Keine sozialrechtliche Bereichsausnahme

Der Vergabesenat traf explizit eine generelle Rechtsaussage zu § 127 SGB V. Diese Vorschrift hat wegen Verstoßes gegen die höherrangigen Vorschriften der Vergaberichtlinien unangewendet zu bleiben, soweit dadurch eine Bereichsausnahme errichtet werden soll, innerhalb derer die Durchführung eines Vergabeverfahrens bei der Beschaffung von Hilfsmitteln in das Ermessen der gKV gestellt wird.

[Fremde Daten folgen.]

//! Lines in, bytes out: sources and sinks of bytes whose faults are counted, a reader of lines and a
//! write that goes on until all is written.
#![tactic(auto)]

mod ends;
mod lines;
mod memory;
mod never;
mod next;
mod reader;
mod std_ends;

pub use ends::{Failed, Partial, Sink, Source, write_whole};
pub use memory::{MemSink, MemSource};
pub use never::{NeverSink, NeverSource};
pub use next::{Next, next_line};
pub use reader::LineReader;
pub use std_ends::{StdSink, StdSource};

Beitrittsmodell vergaberechtswidrig

Alle Hilfsmittelbeschaffungen sind damit grundsätzlich im Wege einer europaweiten Ausschreibung durchzuführen. Das Beitrittsmodell nach § 127 Abs. 2, 2a SGB V darf nur noch im Unterschwellenbereich angewendet werden.

Nur Open-House-Modell erlaubt Vertragsbeitritt

Im Oberschwellenbereich dürfen Krankenkassen allen potentiellen Leistungserbringern einen Vertragsbeitritt nur nach dem vergaberechtsfreien Open-House-Modell (vgl. dazu Beitrag Vergabe 722) ermöglichen. Diese Verträge dürfen allerdings vor Vertragsschluss nicht verhandelt werden.